Insiden terjadi pada KM Dharma Kartika IX rute Parepare–Balikpapan ketika kapal sandar sekitar pukul 05.45 Wita. Pada pukul 06.15 Wita, saat ramp door sisi kanan dibuka untuk proses debarkasi kendaraan, sebuah truk dengan muatan berat terguling sehingga menyebabkan kapal miring ke kanan dan diikuti tergulingnya sejumlah kendaraan pada area car deck.

Akibat kejadian tersebut, penumpang yang berada di area car deck tertimpa kendaraan, mengakibatkan korban luka hingga korban meninggal dunia. Proses debarkasi dan bongkar muat sempat dihentikan untuk memastikan keselamatan petugas dan penumpang.

Merespons kejadian tersebut, personel gabungan TNI–Polri, Basarnas, serta pihak pelabuhan dan instansi terkait segera melakukan upaya penanganan. Bongkar muat darurat dilaksanakan guna mengurangi beban kapal dan menstabilkan kondisi sebelum proses evakuasi korban dimulai.

Polda Kaltim mengerahkan personel dari Direktorat Samapta dan Satuan Brimob untuk membantu evakuasi, pengamanan serta sterilisasi area pelabuhan guna mencegah risiko lanjutan. Petugas juga memastikan tidak ada penumpang yang terjebak di dalam kapal dan seluruh korban dapat dievakuasi dengan aman.

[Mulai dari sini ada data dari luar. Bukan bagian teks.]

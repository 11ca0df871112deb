//! Operations on magnitudes, which are decimals without a sign.

ghost use Rattle.std.specs.Prelude.{◌≡◌, ◌+◌, ◌*◌, ◌/◌, ◌^◌, ◌<◌, ◌≤◌, pos, ◌-ℤ◌};
ghost use Rattle.std.specs.Ordering.{int_cmp};
ghost use Rattle.h41_decimal.specs.Signs.{with_sign};
ghost use Rattle.h41_decimal.specs.Units.{one, size};
ghost use Rattle.h41_decimal.specs.NearestDecimal.{IsRounded, Nearest, Fraction, RootOf};
ghost use Rattle.h41_decimal.specs.Operations.{RoundsTo};

use crate::fault::DecimalFault;
use crate::likely;
use crate::parts::Magnitude;
use crate::rounding::{UNIT_SCALE, power_of_ten, round_whole, without_last};
use crate::sign::Sign;
use crate::ten::Ten;
use std::cmp::Ordering;

/// The number of decimal places after the last digit of the larger magnitude that a sum or a difference uses. Of the
/// smaller magnitude's digits after these places, it only matters whether they are all zero.
const COUNTED: u32 = 8;

/// Returns the product of two magnitudes, rounded to ten digits, with the sign `sign`. The only error is `Range`.
#[inline(always)]
pub fn multiply(sign: Sign, x: Magnitude, y: Magnitude) -> Result<Ten, DecimalFault>
    ensures { IsRounded sign (Fraction (size x * size y) one) result }
{
    round_whole(sign, product_cut(x, y), x.steps() + y.steps() + 25)
}

/// Returns a hundredth of the product of two magnitudes, rounded to ten digits, with the sign `sign`. The only error is
/// `Range`.
pub fn percent(sign: Sign, x: Magnitude, y: Magnitude) -> Result<Ten, DecimalFault>
    ensures { IsRounded sign (Fraction (size x * size y) (100 * one)) result }
{
    round_whole(sign, product_cut(x, y), x.steps() + y.steps() + 23)
}

/// Returns the product of the mantissas of two magnitudes, as whole numbers of ten digits, without its last five
/// digits. It is computed from halves of five digits, so that it fits 64 bits.
#[inline(always)]
fn product_cut(x: Magnitude, y: Magnitude) -> u64
    ensures product { result ≡ x.mantissa.digits * y.mantissa.digits / 10 ^ 5 }
    ensures long { 10 ^ 10 ≤ result }
{
    let x_high = x.mantissa.digits / 100_000;
    let x_low = x.mantissa.digits % 100_000;
    let y_high = y.mantissa.digits / 100_000;
    let y_low = y.mantissa.digits % 100_000;
    x_high * y_high * 100_000 + (x_high * y_low + x_low * y_high) + x_low * y_low / 100_000
}

/// Returns x / y for two magnitudes, rounded to ten digits, with the sign `sign`. The only error is `Range`.
#[inline(always)]
pub fn divide(sign: Sign, x: Magnitude, y: Magnitude) -> Result<Ten, DecimalFault>
    ensures { IsRounded sign (Fraction (size x * size y * one) (size y * size y)) result }
{
    let quotient = quotient_cut(x.mantissa.digits, y.mantissa.digits);
    round_whole(sign, quotient, x.steps() + 225 - y.steps())
}

/// Returns 10^11 * `number` / `divisor`, rounded down. `number` has up to ten digits, `divisor` exactly ten. A quotient
/// by the floating-point unit is used if its product with the divisor confirms it.
#[inline(always)]
fn quotient_cut(number: u64, divisor: u64) -> u64
    requires few { number < 10 ^ 10 }
    requires long { 10 ^ 9 ≤ divisor }
    requires few_by { divisor < 10 ^ 10 }
    ensures { result ≡ number * 10 ^ 11 / divisor }
{
    let likely = likely::quotient(number, divisor);
    let product = u128::from(likely) * u128::from(divisor);
    let whole = u128::from(number) * 100_000_000_000;
    if product <= whole && whole - product < u128::from(divisor) {
        likely
    } else {
        quotient_by_parts(number, divisor)
    }
}

/// Returns 10^11 * `number` / `divisor`, rounded down, by whole numbers alone: its last two digits are computed
/// separately. `number` has up to ten digits, `divisor` exactly ten.
#[inline(never)]
fn quotient_by_parts(number: u64, divisor: u64) -> u64
    requires few { number < 10 ^ 10 }
    requires long { 10 ^ 9 ≤ divisor }
    requires few_by { divisor < 10 ^ 10 }
    ensures { result ≡ number * 10 ^ 11 / divisor }
{
    let dividend = number * 1_000_000_000;
    dividend / divisor * 100 + dividend % divisor * 100 / divisor
}

/// Returns the square root of a magnitude, rounded to ten digits. It is computed from a whole number of 21 or 22 digits
/// that is multiplied by an even power of ten.
pub fn root(x: Magnitude) -> Result<Ten, DecimalFault>
    ensures { IsRounded Sign.Plus (RootOf (size x * one)) result }
{
    let steps = x.steps();
    let filled = 2 - steps % 2;
    let root = eleven_digit_root(x.mantissa.digits * power_of_ten(filled));
    round_whole(Sign::Plus, root, UNIT_SCALE + (steps + 98 - filled) / 2)
}

/// Returns the square root of 10^10 * `number`, rounded down, for a number of 11 or 12 digits. A root by the
/// floating-point unit is used if its square confirms it.
fn eleven_digit_root(number: u64) -> u64
    requires at_least { 10 ^ 10 ≤ number }
    requires below { number < 10 ^ 12 }
    ensures square { result * result ≤ number * 10 ^ 10 }
    ensures next { number * 10 ^ 10 < (result + 1) * (result + 1) }
    ensures long { 10 ^ 10 ≤ result }
{
    let likely = likely::root(number);
    let squared = u128::from(likely) * u128::from(likely);
    let whole = u128::from(number) * 10_000_000_000;
    if squared <= whole && whole - squared <= 2 * u128::from(likely) {
        likely
    } else {
        root_by_parts(number)
    }
}

/// Returns the square root of 10^10 * `number`, rounded down, for a number of 11 or 12 digits, by whole numbers alone.
/// The square root of `number` gives its first six digits. One step of Newton's method gives five more, and is at most
/// one too high.
#[inline(never)]
fn root_by_parts(number: u64) -> u64
    requires at_least { 10 ^ 10 ≤ number }
    requires below { number < 10 ^ 12 }
    ensures square { result * result ≤ number * 10 ^ 10 }
    ensures next { number * 10 ^ 10 < (result + 1) * (result + 1) }
    ensures long { 10 ^ 10 ≤ result }
{
    let six = number.isqrt();
    let five = (number - six * six) * 100_000 / (2 * six);
    let root = six * 100_000 + five;
    if u128::from(root) * u128::from(root) > u128::from(number) * 10_000_000_000 {
        root - 1
    } else {
        root
    }
}

/// Returns x + y for two magnitudes, rounded to ten digits, with the sign `sign`. The exponent of x must not be lower
/// than that of y. The only error is `Range`.
#[inline(always)]
pub fn add(sign: Sign, x: Magnitude, y: Magnitude) -> Result<Ten, DecimalFault>
    requires { y.exponent.biased ≤ x.exponent.biased }
    ensures { IsRounded sign (Fraction (size x + size y) 1) result }
{
    let apart = x.steps() - y.steps();
    if apart <= COUNTED {
        let whole = x.mantissa.digits * power_of_ten(apart) + y.mantissa.digits;
        round_whole(sign, whole, y.steps() + UNIT_SCALE)
    } else {
        let dropped = (apart - COUNTED).min(10);
        let whole = x.mantissa.digits * 100_000_000 + without_last(y.mantissa.digits, dropped);
        round_whole(sign, whole, x.steps() + UNIT_SCALE - COUNTED)
    }
}

/// Returns x - y for two numbers that are given by their magnitudes and both have the sign `sign`, rounded to ten
/// digits. The exponent of x must not be lower than that of y.
#[inline(always)]
pub fn subtract(sign: Sign, x: Magnitude, y: Magnitude) -> Result<Ten, DecimalFault>
    requires { y.exponent.biased ≤ x.exponent.biased }
    ensures { Nearest (with_sign sign (size x) -ℤ with_sign sign (size y)) 1 result }
{
    let apart = x.steps() - y.steps();
    if apart <= COUNTED {
        let large = x.mantissa.digits * power_of_ten(apart);
        let small = y.mantissa.digits;
        let scale = y.steps() + UNIT_SCALE;
        if large > small {
            round_whole(sign, large - small, scale)
        } else if large < small {
            round_whole(sign.opposite(), small - large, scale)
        } else {
            Ok(Ten::Zero)
        }
    } else {
        let dropped = (apart - COUNTED).min(10);
        let small = without_last(y.mantissa.digits - 1, dropped) + 1;
        let whole = x.mantissa.digits * 100_000_000 - small;
        round_whole(sign, whole, x.steps() + UNIT_SCALE - COUNTED)
    }
}

/// Returns whether `x` is less than, equal to or greater than `y`: the greater exponent decides, or, if the exponents
/// are equal, the greater ten digits.
pub fn compare(x: Magnitude, y: Magnitude) -> Ordering
    ensures { result ≡ int_cmp (pos (size x)) (pos (size y)) }
{
    if x.exponent.biased < y.exponent.biased {
        Ordering::Less
    } else if y.exponent.biased < x.exponent.biased {
        Ordering::Greater
    } else if x.mantissa.digits < y.mantissa.digits {
        Ordering::Less
    } else if y.mantissa.digits < x.mantissa.digits {
        Ordering::Greater
    } else {
        Ordering::Equal
    }
}

/// Returns the number with this magnitude and sign, rounded to a multiple of 10^(`place` - 108), halves away from zero.
/// `place` is below 300. The only error is `Range`.
pub fn round_at(sign: Sign, x: Magnitude, place: u32) -> Result<Ten, DecimalFault>
    requires { place < 300 }
    ensures { RoundsTo (10 ^ place) (with_sign sign (size x)) result }
{
    if place <= x.steps() {
        return Ok(Ten::Nonzero(sign, x));
    }
    let dropped = place - x.steps();
    if dropped > 10 {
        return Ok(Ten::Zero);
    }
    let step = power_of_ten(dropped);
    let steps = (x.mantissa.digits + step / 2) / step;
    if steps == 0 {
        return Ok(Ten::Zero);
    }
    round_whole(sign, steps, place + UNIT_SCALE)
}
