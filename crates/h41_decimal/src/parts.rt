//! The parts of a decimal that is not zero, apart from its sign: its ten digits and its exponent.

ghost use Rattle.std.specs.Prelude.{◌≡◌, ◌^◌, ◌<◌, ◌≤◌, ◌↔◌, ℤ, pos, ◌+ℤ◌, ◌-ℤ◌, ◌≤ℤ◌, IsSome};
ghost use Rattle.std.specs.Prelude.{IfSome};

/// Ten decimal digits of which the first is not zero, 1,000,000,000 to 9,999,999,999. The radix mark follows the first digit.
#[derive(Clone, Copy, Debug, PartialEq, Eq)]
pub struct Mantissa {
    /// The digits as a whole number.
    pub digits: u64,
    pub ghost at_least: { 10 ^ 9 ≤ digits },
    pub ghost below: { digits < 10 ^ 10 },
}

/// The exponent of a decimal, -99 to 99: the power of ten of its first digit.
#[derive(Clone, Copy, Debug, PartialEq, Eq)]
pub struct Exponent {
    /// The exponent plus 99, 0 to 198.
    pub biased: u32,
    pub ghost in_range: { biased ≤ 198 },
}

impl Exponent {
    /// Returns the exponent as a signed number, -99 to 99.
    pub fn power(self) -> i16
        ensures { result ≡ pos self.biased -ℤ pos 99 }
    {
        self.biased as i16 - 99
    }
}

/// The size of a decimal that is not zero, without its sign: `mantissa` * 10^(`exponent` - 9).
#[derive(Clone, Copy, Debug, PartialEq, Eq)]
pub struct Magnitude {
    /// The ten digits, of which the first is not zero.
    pub mantissa: Mantissa,
    /// The power of ten of the first digit, -99 to 99.
    pub exponent: Exponent,
}

impl Magnitude {
    /// Returns the exponent plus 99, 0 to 198, so that magnitudes are compared without negative numbers.
    pub fn steps(self) -> u32
        ensures { result ≡ self.exponent.biased }
    {
        self.exponent.biased
    }
}
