//! Laws of decimals. Each law is the contract of a function with an empty or nearly empty body.

ghost use Rattle.std.specs.Prelude.{◌≡◌, Some};
ghost use Rattle.h41_decimal.specs.Laws.{UnitsAreInjective, NearestIsDetermined};
ghost use Rattle.h41_decimal.specs.Laws.{NearestRootIsDetermined, DecimalIsItsNearest};
ghost use Rattle.h41_decimal.specs.Laws.{OnesAreDetermined, IntegerPartIsDetermined};
ghost use Rattle.h41_decimal.specs.Laws.{FractionIsDetermined, TypedIsDetermined};
ghost use Rattle.h41_decimal.specs.Laws.{QuotientIsDetermined, ModuloIsDetermined};
ghost use Rattle.h41_decimal.specs.Laws.{StepsAreDetermined, RegisterIsDetermined};

use crate::ten::Ten;

/// States that two decimals with the same value are equal.
pub fn units_are_injective()
    ensures { UnitsAreInjective }
{}

/// States that at most one result of rounding is right for an exact fraction, whose numerator and denominator are
/// given: one decimal of ten digits, or one error.
pub fn nearest_is_determined()
    ensures { NearestIsDetermined }
{}

/// States that at most one result is right for the square root of a value: one decimal of ten digits, or one error.
pub fn nearest_root_is_determined()
    ensures { NearestRootIsDetermined }
{}

/// States that at most one result is right for the quotient of two numbers, and at most one for the remainder of their
/// division (MOD).
pub fn quotients_are_determined()
    ensures quotient { QuotientIsDetermined }
    ensures modulo { ModuloIsDetermined }
{}

/// States that at most one result is right if a number is rounded to a multiple of a step, such as 0.01.
pub fn steps_are_determined()
    ensures { StepsAreDetermined }
{}

/// States that rounding a value that is already a decimal does not change it.
pub fn decimal_is_its_nearest()
    ensures { DecimalIsItsNearest }
{}

/// States that a number has only one integer part, only one fraction, and that its absolute value has only one integer
/// part as a whole number.
pub fn parts_are_determined()
    ensures ones { OnesAreDetermined }
    ensures integer { IntegerPartIsDetermined }
    ensures fraction { FractionIsDetermined }
{}

/// States that at most one number is right for a typed sign, digits, count of digits after the radix mark, and
/// exponent.
pub fn typed_is_determined()
    ensures { TypedIsDetermined }
{}

/// States that a number is encoded by only one content of a 14-digit register.
pub fn register_is_determined()
    ensures { RegisterIsDetermined }
{}

/// Writes a decimal to a register and reads it again. The result is always this decimal.
pub fn decimal_round_trip(number: Ten) -> Option<Ten>
    ensures { result ≡ Some number }
{
    Ten::from_reg(number.to_reg())
}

Hingga saat ini petugas masih melakukan pendataan identitas korban dan koordinasi dengan pihak syahbandar, pelabuhan, serta instansi terkait lainnya. Polda Kaltim memastikan penanganan dilakukan secara cepat, profesional, dan mengedepankan keselamatan masyarakat pengguna jasa transportasi laut.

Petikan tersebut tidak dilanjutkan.